Constrained decoding compiles the schema to a token-mask grammar. The compiler supports:
  • Types: string, integer, number, boolean, null, object, array, and union types via ["string", "null"] syntax
  • Composition: oneOf, anyOf, allOf (object merge only), $ref and $defs (inlined during SDK prep)
  • Strings: minLength, maxLength, pattern (regex), format, enum, const
  • Numbers: minimum, maximum, exclusiveMinimum, exclusiveMaximum. multipleOf requires explicit bounds — without bounds, it’s silently ignored.
  • Arrays: items, minItems, maxItems. Arrays must declare items.
  • Objects: properties, required, additionalProperties (false / true / schema)
Recursive schemas with cyclic $ref are unrolled to depth 4; deeper nesting is truncated. Format keywords without a regex equivalent are dropped.

Streaming with structured output

stream=True and response_format work together.

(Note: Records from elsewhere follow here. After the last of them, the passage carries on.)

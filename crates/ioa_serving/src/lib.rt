//! Serves each thing that the words of a command line ask for, from what files hold to what is
//! written; or says why not, by a `Failure` with its code, text and `Status`. Contracts say by the
//! meaning of the source, or by the object's program, what was written.
#![tactic(auto)]

// Files, and what becomes of requests.
mod failure;
mod object_failure;
mod refusal;
mod served;
mod status;
mod store;

// Sources and objects.
mod check;
mod compile;
mod composition_graph;
mod dump;
mod object_file;
mod placing;
mod sourced;

// Lists and logs.
mod at_hand;
mod covered;
mod cuts;
mod invariant_objects;
mod invariant_replay;
mod json;
mod judged;
mod list_log;
mod log_chart;
mod log_counts;
mod log_log;
mod log_replay;
mod monitor;
mod objects;
mod replay;
mod replay_forms;
mod replay_objects;
mod specifications;
mod states_replay;
mod stream_counts;
mod stream_watch;
mod strict_monitor;
mod verdict;

// Runs.
mod kept_log;
mod ready;
mod reports;
mod run;
mod run_log;
mod script;
mod seed;
mod seed_counts;
mod seed_lines;
mod seed_objects;
mod seed_tally;
mod seeds;
mod sown;
mod tallies;
mod trace;
mod word_sources;
mod words_file;

// The gate of runs on threads.
mod groups;
mod links;
mod pace;
mod pacer;
mod progress;

// Texts that are there from the start.
pub mod explain;
mod library;

// Laws.
mod laws;

pub use at_hand::AtHand;
pub use check::check_text;
pub use compile::{compile_text, compose_text, is_object, object_of, program_of};
pub use composition_graph::graph_text;
pub use covered::replay_coverage_text;
pub use cuts::cut_text;
pub use dump::dump_object;
pub use failure::Failure;
pub use groups::groups_of;
pub use invariant_objects::replay_invariants_objects_text;
pub use invariant_replay::{Finding, replay_invariants_text};
pub use kept_log::{LOG_MARK, log_bytes};
pub use laws::{
    cuts_are_beginnings, objects_do_as_their_sources, objects_run_as_their_sources,
    objects_tell_actions, one_composition, silent_runs_lack_no_memory, stenning_delivers,
    strict_answers_agree,
};
pub use library::write_library;
pub use list_log::log_list_text;
pub use log_chart::chart_log_text;
pub use log_counts::put_monitor_counts;
pub use log_log::log_log_text;
pub use log_replay::replay_log_text;
pub use monitor::{monitor_text, performed_in};
pub use object_file::{OBJECT_MARK, compile_file};
pub use pace::{Arrival, Pace};
pub use placing::gives_way;
pub use progress::Progress;
pub use replay::replay_text;
pub use replay_forms::{replay_in_form, replay_invariants_in_form, replay_log_in_form};
pub use replay_objects::{replay_log_objects_text, replay_objects_text};
pub use reports::send_wants;
pub use run::{Ran, run_file};
pub use seeds::run_seeds_file;
pub use served::{Served, silent};
pub use states_replay::{replay_log_states_text, replay_states_text};
pub use status::{Status, status_of};
pub use store::{Store, StoreErr};
pub use stream_watch::watch_text;
pub use strict_monitor::strict_monitor_text;
pub use verdict::{Verdict, status_of_verdict};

Each chunk delivers partial JSON; buffer until the stream closes, then parse:
buffer = ""
stream = adaptive.chat.create(
    messages=[{"role": "user", "content": "Classify: 'late and damaged'"}],
    response_format=Classification,
    stream=True,
)
for chunk in stream:
    if chunk.choices and chunk.choices[0].delta.content:
        buffer += chunk.choices[0].delta.content
parsed = Classification.model_validate_json(buffer)

Failure modes

SituationBehavior
Schema fails to compileThe constraint is dropped with a warning in server logs; the model generates unconstrained. Validate your schema during development.
max_tokens exhausted before completionfinish_reason is "length". The response is truncated JSON — model_validate_json will raise. Check finish_reason before parsing.
External provider doesn’t support structured output for the modelThe constraint is dropped silently. Stick to providers and models that support structured output natively.
Recursive schema beyond depth 4Deeper levels are truncated at compile time.
See SDK Reference for all chat methods.

OpenAI compatibility

Use the OpenAI Python library with your Adaptive deployment:
from openai import OpenAI

client = OpenAI(
    base_url=f"{ADAPTIVE_URL}/api/v1",
    api_key=ADAPTIVE_API_KEY,
)

response = client.chat.completions.create(
    model="project_key/model_key",
    messages=[{"role": "user", "content": "Hello!"}],
)
Set model to project_key/model_key. Use metadata instead of labels.
Multimodal image format differs between Adaptive and OpenAI:
# Adaptive format (flat string)
{"type": "image_url", "image_url": "data:image/png;base64,..."}

# OpenAI format (nested object)
{"type": "image_url", "image_url": {"url": "data:image/png;base64,..."}}

HTTP requests

Use any HTTP client to call the chat completions endpoint directly.
import requests

headers = {"Authorization": "Bearer ADAPTIVE_API_KEY"}
payload = {
    "model": "project_key/model_key",
    "messages": [
        {"role": "system", "content": "You are a helpful assistant."},
        {"role": "user", "content": "Hello!"}
    ],
    "labels": {"project": "support-bot"},
}

response = requests.post(
    url="ADAPTIVE_URL/api/v1/chat/completions",
    json=payload,
    headers=headers,
)
completion_text = response.json()["choices"][0]["message"]["content"]
See API Reference for the full endpoint specification.